What began as a dispute over an obscure mailing late in the 2014 gubernatorial campaign has escalated into a legal battle with potentially dire consequences for the State Elections Enforcement Commission or the legacy of Gov. Dannel P. Malloy.
Superior Court Judge Antonio C. Robaina will conduct an evidentiary hearing that could determine if the commission can investigate whether the Connecticut Democratic Party illegally supported Malloy’s re-election with contributions from state contractors.
(Update: The hearing scheduled for Tuesday morning has been postponed for at least two days.)
The issue before Robaina, a Democrat appointed to the bench by Republican Gov. John G. Rowland in 1998, is whether to compel the Democratic State Central Committee to comply with the commission’s investigative subpoena demanding a broad array of emails, campaign solicitations and financial documents.
David S. Golub, representing the Democrats, says the party rejected the subpoena as an impermissibly broad fishing expedition. Besides, he says, federal law preempts the commission from regulating get-out-the-vote efforts in federal election years.
If Golub prevails, Malloy is likely to be blamed for a major weakening of campaign finance reforms and the authority of elections regulators.
The office of Attorney General George Jepsen, a Democrat who once led the party as chairman, told the judge in papers filed Monday that the party’s position that federal law preempts the state investigation is “stunning, without merit, and premature.”
Every regular election for state office coincides with congressional elections. So, if the party led by Malloy prevails, then one of the bipartisan reforms passed 10 years ago in response to the bid-rigging scandal that drove Rowland from office – a ban on state contractor contributions to state campaigns – essentially will be unenforceable.
“The far-reaching implications of the DSCC’s argument cannot be overstated,” Maura Murphy Osborne, the assistant attorney general representing the elections commission, wrote in a memorandum to the judge.

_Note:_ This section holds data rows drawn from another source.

//! Lists of moves, as people and programs write and print them: their entries, and how those are played.
#![tactic(auto)]

pub use expansions::{Expansion, expand_entries};
pub use faults::PlayFault;
pub use letters::{moves_text, push_moves, push_moves_line};
pub use list_lines::entries_alone;
pub use list_plays::{LONGEST_MOVES, ListQuestion, ListWants, last_board, list_board, list_moves};
pub use people::{EntriesFault, read_entries};
pub use weaving::{WeaveFault, Woven, weave, weave_entries};
pub use written_entries::Entry;

mod expansions;
mod faults;
pub mod laws;
mod letter_lines;
mod letters;
mod list_lines;
mod list_plays;
mod people;
mod told_entries;
mod weaving;
mod words;
mod written_entries;
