//! The numbers of the typed lines that a tidy text's lines are made of: comments and titles, which it hasn't, are counted.

ghost use Rattle.std.specs.Prelude.{◌≡◌, ℕ, ◌+◌, ◌<◌, ◌≤◌, ◌++◌, ◌∷◌, [], IfSome, IfNone, false, length, count_by};
ghost use Rattle.fc_text.specs.Line.{is_line_end};
ghost use Rattle.fc_notes.specs.FileLine.{IsTypedNumber, first_lines, is_in_units, line_count, staying_count};

use crate::file_lines::split_line;
use arrayvec::ArrayVec;
use fc_typed::{MOST_BYTES, TidyText};

/// The number of the typed line that the tidy text's line with this number, from 1, is made of: the first one up to which so many
/// stay.
pub(crate) fn typed_number(typed: &[u8], line: usize) -> usize
    ensures number { length typed.now < MOST_BYTES → is_in_units typed.now ≡ false → 0 < line → IsTypedNumber typed.now line result }
{
    let mut least = 1;
    let mut most = line_count(typed);
    while least < most {
        let middle = least + (most - least) / 2;
        if staying_count(typed, middle) < line {
            least = middle + 1;
        } else {
            most = middle;
        }
    }
    least
}

// How many lines a text has, the one behind its last LF among them.
fn line_count(text: &[u8]) -> usize
    ensures value { result ≡ line_count text.now }
{
    end_count(text) + 1
}

// How many of the first lines, so many of them, stay where another line stands below.
fn staying_count(typed: &[u8], count: usize) -> usize
    ensures value { length typed.now < MOST_BYTES → is_in_units typed.now ≡ false → result ≡ staying_count typed.now count }
{
    let Some(front) = above_dash(first_lines(typed, count)) else {
        return usize::MAX;
    };
    match TidyText::of(front.as_slice()) {
        Some(tidy) => end_count(tidy.bytes()),
        None => usize::MAX,
    }
}

// A text above a line with a dash; `None` where that has no room.
fn above_dash(text: &[u8]) -> Option<ArrayVec<u8, MOST_BYTES>>
    ensures some { IfSome result (λ made. made.items ≡ text.now ++ 45 ∷ []) }
    ensures none { IfNone result (MOST_BYTES ≤ length text.now) }
{
    let mut made = ArrayVec::new();
    if made.try_extend_from_slice(text).is_err() {
        return None;
    }
    if made.try_push(b'-').is_err() {
        return None;
    }
    Some(made)
}

// The first lines of a text, so many, with the LFs that end them.
fn first_lines(text: &[u8], count: usize) -> &[u8]
    ensures value { result.now ≡ first_lines count text.now }
    ensures within { length result.now ≤ length text.now }
{
    let mut rest = text;
    let mut taken = 0;
    while taken < count {
        if rest.is_empty() {
            return text;
        }
        let (_, below) = split_line(rest);
        rest = below;
        taken += 1;
    }
    &text[..text.len() - rest.len()]
}

// How many LFs a text has.
fn end_count(text: &[u8]) -> usize
    ensures value { result ≡ count_by is_line_end text.now }
    ensures within { result ≤ length text.now }
{
    let mut count = 0;
    for byte in text {
        if *byte == b'\n' {
            count += 1;
        }
    }
    count
}
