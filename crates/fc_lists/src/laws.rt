//! Laws of the definitions, each the contract of a function that does nothing.

ghost use Rattle.fc_lists.specs.Laws.{NumbersAreTold};

/// A list of moves has at most 1 MiB, 1,048,576 bytes.
pub fn numbers_are_told()
    ensures { NumbersAreTold }
{}
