//! Boards that are a numbered deal once each column is turned round.

ghost use Rattle.std.specs.Prelude.{◌≡◌, ℕ, ◌<◌, ◌↔◌, Some, IsTrue, IfSome, IfNone, length, reverse};
ghost use Rattle.fc_position.specs.Board.{column, last_of};
ghost use Rattle.fc_notes.specs.Length.{dealt_count};
ghost use Rattle.fc_notes.specs.Reversed.{IsReversedDeal};
ghost use Rattle.fc_notes.specs.inner.Reversed.{HasDealtLengths};

use crate::played_columns::dealt_count;
use fc_cards::Card;
use fc_deal::{Draws, MOST_DEAL, deal};
use fc_position::Position;

/// The first numbered deal that the board is once each of its columns is turned round; `None` where it is none.
pub fn reversed_deal(start: &Position) -> Option<u32>
    ensures some { IfSome result (λ n. IsReversedDeal n start.now) }
    ensures first { IfSome result (λ n. (m : ℕ) → m < n → IsReversedDeal m start.now → ⊥) }
    ensures none { IfNone result ((n : ℕ) → IsReversedDeal n start.now → ⊥) }
{
    if !has_dealt_lengths(start) {
        return None;
    }
    for number in 1..MOST_DEAL + 1 {
        if is_reversed_deal(start, number) {
            return Some(number);
        }
    }
    None
}

// Whether each column has as many cards as a deal's.
fn has_dealt_lengths(start: &Position) -> bool
    ensures value { IsTrue result ↔ HasDealtLengths start.now }
{
    for column in 0..8 {
        if start.column(column).len() != dealt_count(column) {
            return false;
        }
    }
    true
}

// Whether the first two cards that are dealt are the last ones of the first two columns, as the draws tell before anything is dealt:
// of a deck in order, in which the last card fills the gap of the first that is drawn.
fn begins_as(number: u32, start: &Position) -> bool
    ensures needed { IsReversedDeal number start.now → IsTrue result }
{
    let mut draws = Draws::new(number);
    let first = draws.next() % 52;
    let place = draws.next() % 51;
    is_last(start.column(0), first) && is_last(start.column(1), second_card(first, place))
}

// The card that stands in this place of the deck, of which the first is gone: the last one has moved into its place.
fn second_card(first: u16, place: u16) -> u16
    ensures moved { place ≡ first → result ≡ 51 }
    ensures other { (place ≡ first → ⊥) → result ≡ place }
{
    if place == first { 51 } else { place }
}

// Whether the card of this number is the last one of a column.
fn is_last(cards: &[Card], index: u16) -> bool
    ensures value { IsTrue result ↔ (last_of cards.now ≡ Some index) }
{
    match cards.last() {
        Some(card) => u16::from(card.index()) == index,
        None => false,
    }
}

// Whether each column is that of a numbered deal, turned round; most numbers are told by their first two draws.
fn is_reversed_deal(start: &Position, number: u32) -> bool
    ensures value { IsTrue result ↔ IsReversedDeal number start.now }
{
    begins_as(number, start) && has_columns_of(start, number)
}

// Whether each column is that of a numbered deal, turned round.
fn has_columns_of(start: &Position, number: u32) -> bool
    ensures value { IsTrue result ↔ IsReversedDeal number start.now }
{
    match deal(number) {
        Some(dealt) => has_turned_columns(start, &dealt),
        None => false,
    }
}

// Whether each column is the other board's, turned round.
fn has_turned_columns(start: &Position, other: &Position) -> bool
    ensures value { IsTrue result ↔ ((i : ℕ) → i < 8 → column start.now i ≡ reverse (column other.now i)) }
{
    for column in 0..8 {
        if !is_turned(start.column(column), other.column(column)) {
            return false;
        }
    }
    true
}

// Whether a column has the cards of another one the other way round.
fn is_turned(column: &[Card], other: &[Card]) -> bool
    ensures value { IsTrue result ↔ (column.now ≡ reverse other.now) }
{
    let count = column.len();
    if other.len() != count {
        return false;
    }
    for i in 0..count {
        if column[i] != other[count - 1 - i] {
            return false;
        }
    }
    true
}
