//! Where a board's fault lies and what would mend it.

ghost use Rattle.std.specs.Prelude.{◌≡◌, ◌≤◌, ◌↔◌, IsTrue, length};
ghost use Rattle.fc_typed.specs.Typed.{typed_word};
ghost use Rattle.fc_notes.specs.FaultNote.{IsFaultNote, IsMissingNote, IsPlaceOf, IsPlacesNote, IsSamePlace, IsTokenNote};
ghost use Rattle.fc_notes.specs.TokenNote.{are_plain, shown_token};

use crate::board_texts::{BoardText, file_line};
use crate::reasons::{Reason, reason_of};
use arrayvec::ArrayVec;
use fc_cards::Card;
use fc_text::{BoardFault, Spot, first_spot_of, last_spot_of, spot_of};
use fc_typed::{GuessedText, MOST_BYTES, missing_cards, typed_word};

/// Where a token stands: its line by its number in its file, and its own number there, from 1.
#[derive(Clone, Copy, Debug, PartialEq, Eq)]
pub struct TokenPlace {
    /// The number of its line in its file.
    pub line: u32,
    /// Its own number in the line.
    pub place: usize,
}

/// Where a board's fault lies, or what would mend it.
#[derive(Debug, Drop)]
pub enum FaultNote<'a> {
    /// The text has more bytes than a board's may have.
    TooLong,
    /// This line of the file tells again what one above it tells.
    RepeatedLine(u32),
    /// A card stands here that is home.
    AtHome(TokenPlace, Card),
    /// A card stands here and there.
    Twice(TokenPlace, TokenPlace, Card),
    /// With the first line of this text it is a board.
    Guess(GuessedText),
    /// These cards are missing.
    Missing(ArrayVec<Card, 52>),
    /// The fault lies here at this token, as it is shown.
    Token(TokenPlace, &'a [u8], Reason),
}

/// Where the fault of a board's text lies, which was read for a game with so many cells, and why it is one.
pub fn fault_note<'a>(text: &BoardText<'a>, fault: BoardFault, cells: u8) -> Option<FaultNote<'a>>
    requires cells { cells ≤ 4 }
    ensures note { IsFaultNote cells text.now fault result }
{
    match fault {
        BoardFault::TooLong => Some(FaultNote::TooLong),
        BoardFault::RepeatedLine(line) => Some(FaultNote::RepeatedLine(file_line(text, line))),
        BoardFault::RepeatedCard(card) => places_note(text, card),
        BoardFault::MissingCard(_) => Some(missing_note(text.tidy, cells)),
        BoardFault::BadCard(_)
        | BoardFault::BadFoundation(_)
        | BoardFault::TooManyCells(_)
        | BoardFault::TooManyColumns(_) => token_note(text, &fault, cells),
    }
}

// Which cards are missing, or by which foundation line none is.
fn missing_note<'a>(text: &[u8], cells: u8) -> FaultNote<'a>
    requires cells { cells ≤ 4 }
    ensures note { IsMissingNote cells text.now result }
{
    match GuessedText::of(text, cells) {
        Some(guess) => FaultNote::Guess(guess),
        None => FaultNote::Missing(missing_cards(text)),
    }
}

// Where a card stands that has two places or more.
fn places_note<'a>(text: &BoardText<'a>, card: Card) -> Option<FaultNote<'a>>
    ensures note { IsPlacesNote text.now card result }
{
    let first = first_spot_of(text.tidy, card)?;
    let last = last_spot_of(text.tidy, card)?;
    let from = place_of(text, first.line, first.place);
    let to = place_of(text, last.line, last.place);
    if is_same_place(from, to) {
        return Some(FaultNote::AtHome(from, card));
    }
    Some(FaultNote::Twice(from, to, card))
}

// Whether two places are the same.
fn is_same_place(from: TokenPlace, to: TokenPlace) -> bool
    ensures value { IsTrue result ↔ IsSamePlace from to }
{
    from.line == to.line && from.place == to.place
}

// Where a token stands with this number in the line with this number of the tidy text.
fn place_of(text: &BoardText<'_>, line: usize, place: usize) -> TokenPlace
    ensures value { IsPlaceOf text.now line place result }
{
    TokenPlace {
        line: file_line(text, u32::try_from(line).unwrap_or(u32::MAX)),
        place,
    }
}

// Where the fault of a line lies.
fn token_note<'a>(text: &BoardText<'a>, fault: &BoardFault, cells: u8) -> Option<FaultNote<'a>>
    ensures note { IsTokenNote cells text.now fault.now result }
{
    let Spot { line, place, token } = spot_of(text.tidy, cells, *fault)?;
    let reason = reason_of(fault, place, token);
    let shown = token_shown(text.typed, line, token);
    Some(FaultNote::Token(place_of(text, line, place), shown, reason))
}

// A token as it was typed, where that is known and has no signs: a sign of a suit is told by its letter.
fn token_shown<'a>(typed: &'a [u8], line: usize, token: &'a [u8]) -> &'a [u8]
    ensures shown { length typed.now ≤ MOST_BYTES → result.now ≡ shown_token (typed_word typed.now line token.now) token.now }
{
    match typed_word(typed, line, token) {
        Some(word) if are_plain(word) => word,
        _ => token,
    }
}

// Whether all bytes are letters, digits and the like, and none is of a sign.
fn are_plain(word: &[u8]) -> bool
    ensures value { result ≡ are_plain word.now }
{
    word.iter().all(|byte| *byte < 128)
}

The same year that the General Assembly banned contractor contributions, it created the voluntary Citizens’ Election Program, which further limited the influence of campaign contributions by publicly financing campaigns.
Participating candidates qualified by raising threshold amounts, such as $250,000 for a gubernatorial campaign. No individual can contribute more than $100.
In 2014, Malloy and his Republican opponent, Tom Foley, each were granted $6.5 million in public financing. In total, $33 million in public financing was provided last year to candidates for state legislative and constitutional statewide offices.
“The continued viability and credibility of this important and costly state program hinges on the public’s confidence that it actually advances its intended governmental purpose of reducing the influence of private contributions in the campaigns and governing of officials who participate in the CEP, in particular the influence of prohibited contributors the State has lawfully restricted from funding candidates for State office,” Osborne wrote.
Under current law, the political parties can raise money for state and federal elections under two sets of rules: state law bars state contractor contributions, while federal law does not. Contractors barred from state races can give up to $10,000 annually to the parties’ federal campaign accounts.
But the wall between the state and federal accounts is porous. Federal law requires that funds used to turn out voters in federal election years, even if state candidates are beneficiaries, must come out of the federal campaign account.
Much of the political parties’ overhead in even-numbered years, when most state and federal offices are up for election, has been covered by the federal campaign accounts, which can accept up to $10,000 from anyone, including state contractors.
In a complaint to the elections commission, the GOP accused Malloy of soliciting state contractors for contributions to the federal account that supported his re-election. They also said a mailer covered by the federal account featured no other candidate but Malloy.
The Democrats sought an advisory opinion about the legality of using federal funds for a mailer in support of Malloy’s re-election. It withdrew the request, then went ahead with the mailer featuring Malloy, but also provided general information such as polling hours.
Golub said in his memorandum to the court that the party was required by federal law to use the federal account to pay for the mailer since it was an element of a get-out-the-vote effort, “and any provisions of state law to the contrary are clearly preempted.”
Similarly, he said, Malloy’s “alleged solicitations of contributions from state contractors for the DSCC’s federal account are lawful under state law.” Golub said the general counsel of the commission has admitted as much in a deposition.